=== Source records ===
//! The outside of the program: where its bytes and words come from, and where its bytes go.
//!
//! Bytes come in by a `Source` and go out by a `Sink`. A device outside may fail at any call, so each keeps a count of
//! its faults: `Failed` is returned only where that count rose in the call, or has saturated. `StdSource` and `StdSink`
//! are those over std's readers and writers, and `MemSource` and `MemSink` those in memory, which fail at the calls
//! that are listed when they are made. `FaultlessSource` and `FaultlessSink` never fail.
//!
//! The theorem is that `read_all` returns all bytes of its source to the end, and that `write_all` writes all of its
//! piece, or that they say why not. `TooLong` comes exactly where one byte more than the limit came, and `Failed` where
//! the device failed. Where the bytes of a source or a sink can be observed, those that were then taken or written are
//! a prefix of those that there were, and no more than one byte beyond the limit is taken.
#![tactic(auto)]

mod command_line;
mod faultless;
mod memory;
mod sink;
mod source;
mod transfer;

pub use command_line::{status_without_words, words};
pub use faultless::{FaultlessSink, FaultlessSource};
pub use memory::{MemSink, MemSource};
pub use sink::{Sink, StdSink};
pub use source::{Source, StdSource};
use std::alloc::AllocError;
use thiserror::Error;
pub use transfer::{ReadFault, read_all, write_all};

/// There is not enough memory: the allocator refused.
pub type Memory = AllocError;

/// A call of a source or a sink failed. It comes only where the count of faults rose in that call, or has saturated.
#[derive(Clone, Copy, Debug, PartialEq, Eq, Error)]
#[error("the call failed")]
pub struct Failed;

=== What to produce ===
Reply with every line of the material above, unaltered.

=== Output for this task ===
//! The outside of the program: where its bytes and words come from, and where its bytes go.
//!
//! Bytes come in by a `Source` and go out by a `Sink`. A device outside may fail at any call, so each keeps a count of
//! its faults: `Failed` is returned only where that count rose in the call, or has saturated. `StdSource` and `StdSink`
//! are those over std's readers and writers, and `MemSource` and `MemSink` those in memory, which fail at the calls
//! that are listed when they are made. `FaultlessSource` and `FaultlessSink` never fail.
//!
//! The theorem is that `read_all` returns all bytes of its source to the end, and that `write_all` writes all of its
//! piece, or that they say why not. `TooLong` comes exactly where one byte more than the limit came, and `Failed` where
//! the device failed. Where the bytes of a source or a sink can be observed, those that were then taken or written are
//! a prefix of those that there were, and no more than one byte beyond the limit is taken.
#![tactic(auto)]

mod command_line;
mod faultless;
mod memory;
mod sink;
mod source;
mod transfer;

pub use command_line::{status_without_words, words};
pub use faultless::{FaultlessSink, FaultlessSource};
pub use memory::{MemSink, MemSource};
pub use sink::{Sink, StdSink};
pub use source::{Source, StdSource};
use std::alloc::AllocError;
use thiserror::Error;
pub use transfer::{ReadFault, read_all, write_all};

/// There is not enough memory: the allocator refused.
pub type Memory = AllocError;

/// A call of a source or a sink failed. It comes only where the count of faults rose in that call, or has saturated.
#[derive(Clone, Copy, Debug, PartialEq, Eq, Error)]
#[error("the call failed")]
pub struct Failed;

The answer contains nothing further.